$A$ is an invertible real square matrix ($A \in \mathbb{M_{n}(\mathbb{R})}$ and $det(A) \neq 0$).
Let's consider another matrix $B \in \mathbb{M_{n}(\mathbb{R})}$ such that: $$B = {}^\intercal A \cdot A$$
Show that $B$ accepts a Cholesky factorization $C \cdot {}^\intercal C$ with $C$ a lower trinagular matrix.
From the first persepctive, I understand that there are exist matrices $D_1$ and $D_2$ such that $D_1 = (D_2)^{-1}$ so $D_1 \cdot D_2 = I_n$ where $I_n$ is the identity matrix.

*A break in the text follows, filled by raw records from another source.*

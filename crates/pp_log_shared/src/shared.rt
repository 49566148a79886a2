//! The log that all transactions share, whose entries are committed or not.
ghost use Rattle.std.specs.Prelude.{◌≡◌, ◌==◌, ◌<◌, ◌≤◌, ◌+◌, ◌↔◌, ◌&&◌, not, false, IsTrue};
ghost use Rattle.std.specs.Prelude.{IfOk, IfSome, IfNone, OnOk, OnErr};
ghost use Rattle.std.specs.Prelude.{None, List, [], ◌∷◌, ◌++◌, length, map, position, slice_get};
ghost use Rattle.std.specs.Option.{option_copied};
ghost use Rattle.pp_core.specs.declared.entry.SharedEntry.{SharedEntry as EntryOf};
ghost use Rattle.pp_model.specs.Config.{shared_item, shared_ops, commit_all};
ghost use Rattle.pp_model.specs.Names.{◌=ⁿ◌};
ghost use Rattle.pp_model.specs.Object.{HasDistinctIds};
ghost use Rattle.pp_kind.specs.declared.range.TheConstants.{MOST_OPERATIONS};
ghost use Rattle.pp_kind.specs.Object.{IsAllowed, AllRanged};
ghost use Rattle.pp_log.specs.Leaving.{MayLeave, without_items};
ghost use Rattle.pp_log.specs.Logs.{GoesBehind, RemovesEntry, RemovalCosts, RemovalBound};
ghost use Rattle.pp_log.specs.Logs.{IsFirstFrom, IsOn, NoneFrom, answer_behind};
ghost use Rattle.pp_log_shared.specs.Blocking.{AllGiveWay, Blocks, GivesWay, IsFirstBlocking};
ghost use Rattle.pp_log_shared.specs.Blocking.{IsSettled};
ghost use Rattle.pp_log_shared.specs.Committing.{HoldsIdsOf, IsCommittedOn};
ghost use Rattle.pp_log_shared.specs.Uncommitted.{CommitsOne, KeepsOpen, KeepsShared};

use crate::open_parts::OpenParts;
use pp_core::{Answer, Item, Items, Name, OutOfMemory, SharedEntry, Ticks};
use pp_kind::{Parted, Spec, TakesBack};
use pp_log::{Log, Removed, SharedSide};
use std::alloc::Global;
use std::marker::Model;
use std::sync::ledger::Ledger;

/// Numbers are kept if more entries than these, with the new one, are from the settled position on:
/// a shorter walk is taken to cost less.
const SHORT_WALK: usize = 64;

/// The shared log: the operations that transactions pushed, which are allowed one after another.
/// Contracts see the objects of the run, and the entries in order.
#[derive(Drop)]
pub struct Shared<S: Parted> {
    log: Log<S, SharedSide>,
    /// What is known about the uncommitted entries.
    open: OpenParts<S>,
    /// All entries before this position are committed.
    settled: usize,
}

impl<S: Parted> Model for Shared<S> {
    ghost Value = { S.Shape × List (EntryOf S.Op) };

    ghost view = { λ a. a.log };

    ghost invariant = { λ a. KeepsShared S.object S.label_of S.part_of a.log.1 a.open.slots.entries
        a.settled };
}

/// Whether an entry is uncommitted, of another owner, and may not change places with an operation
/// after it.
fn blocks<S: Spec>(owner: &Name, op: &S::Op, entry: &SharedEntry<S::Op>) -> bool
    ensures blocks { IsTrue result → Blocks S.object owner.now op.now entry.now }
    ensures gives_way { result ≡ false → GivesWay S.object owner.now op.now entry.now }
{
    // The movers come before the names, since most pairs swap, and names are compared byte by byte.
    !entry.committed && !S::swaps(&entry.op, op) && !entry.owner.same(owner)
}

/// Whether an entry is an uncommitted one of an owner.
fn is_open<O: Copy>(owner: &Name, entry: &SharedEntry<O>) -> bool
    ensures { result ≡ not entry.now.committed && (entry.now.owner =ⁿ owner.now) }
{
    !entry.committed && entry.owner.same(owner)
}

/// The first position from one on whose entry is uncommitted.
fn settle<O: Copy>(entries: &[SharedEntry<O>], from: usize) -> usize
    requires { IsSettled entries.now from }
    ensures { IsSettled entries.now result }
{
    for k in from..entries.len() {
        if !entries[k].committed {
            return k;
        }
    }
    entries.len()
}

/// A position before which all entries are committed after these are taken out. It is at most that
/// of the first of them, so those before it keep their positions.
fn settled_without<S: Parted>(
    log: &Log<S, SharedSide>,
    own: &[Item<S::Op>],
    settled: usize,
) -> usize
    requires distinct { HasDistinctIds (map shared_item log.now.1) }
    requires leave { MayLeave S.object own.now (map shared_item log.now.1) }
    requires settles { IsSettled log.now.1 settled }
    ensures { IsSettled (without_items shared_item own.now log.now.1) result }
{
    let Some(first) = own.first() else {
        return settled;
    };
    let Some(position) = log.find(first.id) else {
        unreachable!()
    };
    settled.min(position)
}

/// Leaves entries of a log out of what is known of its uncommitted ones.
fn forget_own<S: Parted>(parts: &mut OpenParts<S>, log: &Log<S, SharedSide>, own: &[Item<S::Op>])
    requires distinct { HasDistinctIds (map shared_item log.now.1) }
    requires leave { MayLeave S.object own.now (map shared_item log.now.1) }
    ensures { KeepsOpen S.object S.label_of S.part_of parts.old.slots.entries log.now.1 →
        KeepsOpen S.object S.label_of S.part_of parts.new.slots.entries
        (without_items shared_item own.now log.now.1) }
{
    for item in own {
        let Some(position) = log.find(item.id) else {
            unreachable!()
        };
        let Some(entry) = log.get(position) else {
            unreachable!()
        };
        parts.take(entry);
    }
}

impl<S: Parted> Shared<S> {
    /// The empty log. The only error is out of memory.
    pub fn new(alloc: Global, shape: &S::Shape) -> Result<Self, OutOfMemory>
        ensures { IfOk result (λ log. log ≡ (shape.now, [])) }
    {
        let log = Log::new(alloc, shape)?;
        Ok(Shared {
            log,
            open: OpenParts::new(alloc),
            settled: 0,
        })
    }

    /// How many entries there are.
    pub fn len(&self) -> usize
        ensures len { result ≡ length self.now.1 }
        ensures allowed { IsAllowed S.object self.now.0 (shared_ops self.now.1) }
        ensures ranged { AllRanged S.object (shared_ops self.now.1) }
        ensures distinct { HasDistinctIds (map shared_item self.now.1) }
    {
        self.log.len()
    }

    /// The entry at a position, from 0.
    pub fn entry(&self, i: usize) -> Option<&SharedEntry<S::Op>>
        ensures { option_copied result ≡ slice_get self.now.1 i }
    {
        self.log.get(i)
    }

    /// All entries, in order.
    pub fn entries(&self) -> &[SharedEntry<S::Op>]
        ensures { result.now ≡ self.now.1 }
    {
        self.log.entries()
    }

    /// The position of the entry with this id, as the index of the log has it.
    pub fn find(&self, id: u32) -> Option<usize>
        ensures { result ≡ position (λ e. e.id == id) self.now.1 }
    {
        self.log.find(id)
    }

    /// The first position at `from` or after it whose operation has this place. It halves over the
    /// entries of the place, and takes no memory.
    pub fn next_on(&self, place: u16, from: usize) -> Option<usize>
        ensures found { IfSome result
            (IsFirstFrom (IsOn S.place_of shared_item place) self.now.1 from) }
        ensures none { IfNone result
            (NoneFrom (IsOn S.place_of shared_item place) self.now.1 from) }
    {
        self.log.next_on(place, from)
    }

    /// The first position at `from` or after it whose entry is committed and whose operation has
    /// this place. It goes from one entry of the place to the next, and takes no memory.
    pub fn next_committed(&self, place: u16, from: usize) -> Option<usize>
        ensures found { IfSome result
            (IsFirstFrom (IsCommittedOn S.place_of place) self.now.1 from) }
        ensures none { IfNone result (NoneFrom (IsCommittedOn S.place_of place) self.now.1 from) }
    {
        let entries = self.log.entries();
        let mut at = from;
        'step: while at < self.log.len() {
            let Some(k) = self.log.next_on(place, at) else {
                return None;
            };
            if entries[k].committed {
                return Some(k);
            }
            at = k + 1;
        }
        None
    }

    /// Whether the log stays allowed with the operation after it.
    pub fn legal(&self, op: &S::Op) -> bool
        requires { IsTrue (S.object.fits self.now.0 op.now) }
        ensures { IsTrue result ↔ GoesBehind S.object self.now.0 (shared_ops self.now.1) op.now }
    {
        S::legal(self.log.state(), op)
    }

    /// The object's result for the operation's call at the end of the log.
    pub fn gives(&self, op: &S::Op) -> Answer
        requires { IsTrue (S.object.fits self.now.0 op.now) }
        ensures { result ≡ answer_behind S.object self.now.0 (shared_ops self.now.1) op.now }
    {
        S::gives(self.log.state(), op)
    }

    /// Adds an entry at the end. The only error is out of memory, and the log is then as it was.
    pub fn push<L: Ledger>(
        &mut self,
        entry: SharedEntry<S::Op>,
        ticks: &mut Ticks<L>,
    ) -> Result<(), OutOfMemory>
        requires allowed { GoesBehind S.object self.old.0 (shared_ops self.old.1) entry.op }
        requires ranged { IsTrue (S.object.ranged entry.op) }
        requires new { position (λ e. e.id == entry.id) self.old.1 ≡ None }
        requires few { length self.old.1 < MOST_OPERATIONS }
        requires uncommitted { entry.committed ≡ false }
        ensures ok { OnOk result (self.new ≡ (self.old.0, self.old.1 ++ entry ∷ [])) }
        ensures err { OnErr result (self.new ≡ self.old) }
        ensures cost { OnOk result (ticks.new ≡ ticks.old + 1) }
        ensures rises { ticks.old ≤ ticks.new }
        ensures bound { ticks.new ≤ ticks.old + 1 }
    {
        self.open.make_room()?;
        self.log.append(entry, ticks)?;
        let wanted = self.open.add(&entry);
        if wanted && self.log.len() > self.settled.saturating_add(SHORT_WALK) {
            let entries = self.log.entries();
            self.open.keep_numbers(&entry.op, &entries[self.settled..]);
        }
        Ok(())
    }

    /// The first uncommitted entry of another owner that may not change places with the operation
    /// after it, whatever the objects are. It walks over the entries only if what is known of the
    /// uncommitted ones of the operation's part does not decide this.
    pub fn blocking(&self, owner: &Name, op: &S::Op) -> Option<usize>
        ensures some { IfSome result (λ k. IsFirstBlocking S.object owner.now op.now self.now.1 k) }
        ensures none { IfNone result (AllGiveWay S.object owner.now op.now self.now.1) }
    {
        if self.open.lets(owner, op) {
            return None;
        }
        let entries = self.log.entries();
        for k in self.settled..self.log.len() {
            if blocks::<S>(owner, op, &entries[k]) {
                return Some(k);
            }
        }
        None
    }

    /// Commits the entry with this id if it is an uncommitted one of the owner.
    fn commit_entry(&mut self, owner: &Name, id: u32)
        requires { HasDistinctIds (map shared_item self.old.1) }
        ensures { CommitsOne owner.now id self.old self.new }
    {
        let Some(k) = self.log.find(id) else {
            return;
        };
        let Some(&entry) = self.log.get(k) else {
            unreachable!()
        };
        if !is_open(owner, &entry) {
            return;
        }
        self.log.set(
            k,
            SharedEntry {
                committed: true,
                ..entry
            },
        );
        self.open.take(&entry);
    }

    /// Moves the position on before which all entries are committed.
    fn settle_front(&mut self)
        ensures { self.new ≡ self.old }
    {
        self.settled = settle(self.log.entries(), self.settled);
    }

    /// Commits all entries of an owner, whose ids are given. It looks at no others, except the
    /// committed ones that are now at the front.
    pub fn commit(&mut self, owner: &Name, own: &Items<S::Op>)
        requires { HoldsIdsOf owner.now own.now self.old.1 }
        ensures { self.new ≡ (self.old.0, commit_all owner.now self.old.1) }
    {
        // It is here for what its clauses say of each log.
        if self.len() == 0 {
            return;
        }
        for item in own.as_slice() {
            self.commit_entry(owner, item.id);
        }
        self.settle_front();
    }

    /// Takes out the i-th entry, unless the list without it is not allowed. The ticks are those of
    /// its place alone. If the entry is the last one there, it is taken back. If the gap that it
    /// leaves is known after the others there and borne, it takes one tick at most. Otherwise, with
    /// k operations there from the entry on, itself counted, these are taken back, and the k - 1
    /// others applied again. If one of them differs, what was applied is taken back too, and all k
    /// are applied as they were. The only error is out of memory, and the log is then lost.
    pub fn remove<L: Ledger>(
        self,
        i: usize,
        ticks: &mut Ticks<L>,
    ) -> Result<(Self, Removed), OutOfMemory>
        requires { i < length self.1 }
        ensures removes { IfOk result (λ r. RemovesEntry S.object shared_item self i r.0 r.1) }
        ensures cost { RemovalCosts S.place_of (shared_ops self.1) i result ticks.old ticks.new }
        ensures bound { RemovalBound S.place_of (shared_ops self.1) i ticks.old ticks.new }
    {
        let Shared {
            log,
            mut open,
            settled,
        } = self;
        let Some(&entry) = log.get(i) else {
            unreachable!()
        };
        let (log, removed) = log.remove(i, ticks)?;
        let Removed::Done = removed else {
            return Ok((Shared { log, open, settled }, removed));
        };
        open.take(&entry);
        let settled = settled.min(i);
        Ok((Shared { log, open, settled }, removed))
    }
}

impl<S: Parted + TakesBack> Shared<S> {
    /// Takes entries out. The entries of others after each may move past it, so each of them alone
    /// is taken back. The only error is out of memory, and the log is then lost.
    pub fn take_back<L: Ledger>(
        self,
        own: &[Item<S::Op>],
        ticks: &mut Ticks<L>,
    ) -> Result<Self, OutOfMemory>
        requires { MayLeave S.object own.now (map shared_item self.1) }
        ensures log { IfOk result (λ log. log ≡
            (self.0, without_items shared_item own.now self.1)) }
        ensures cost { OnOk result (ticks.new ≡ ticks.old + length own.now) }
        ensures rises { ticks.old ≤ ticks.new }
        ensures bound { ticks.new ≤ ticks.old + length own.now }
    {
        // It is here for what its clauses say of each log.
        if self.len() == 0 {
            return Ok(self);
        }
        let Shared {
            log,
            mut open,
            settled,
        } = self;
        let settled = settled_without::<S>(&log, own, settled);
        forget_own::<S>(&mut open, &log, own);
        let log = log.take_back(own, ticks)?;
        Ok(Shared { log, open, settled })
    }
}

So, we can write $B = {}^{\intercal} A \cdot A = {}^{\intercal} A \cdot I_n \cdot A $ When we replace $I_n$ with $D_1 \cdot D_2$, we will have:
$$B = {}^\intercal A \cdot D_1 \cdot D_2 \cdot A$$ We choose the matrices $D_1$ and $D_2$ in a way that: $C = {}^\intercal A \cdot D_1$ and ${}^\intercal C = D_2 \cdot A$
I guess that the Gauss elimination matrices should be involved in some way to turn ${}^\intercal A \cdot A$ to the form $C \cdot {}^\intercal C$, but I do not know how they should be related to the matrices $D_1$ and $D_2$ and how to formalize the proof as well.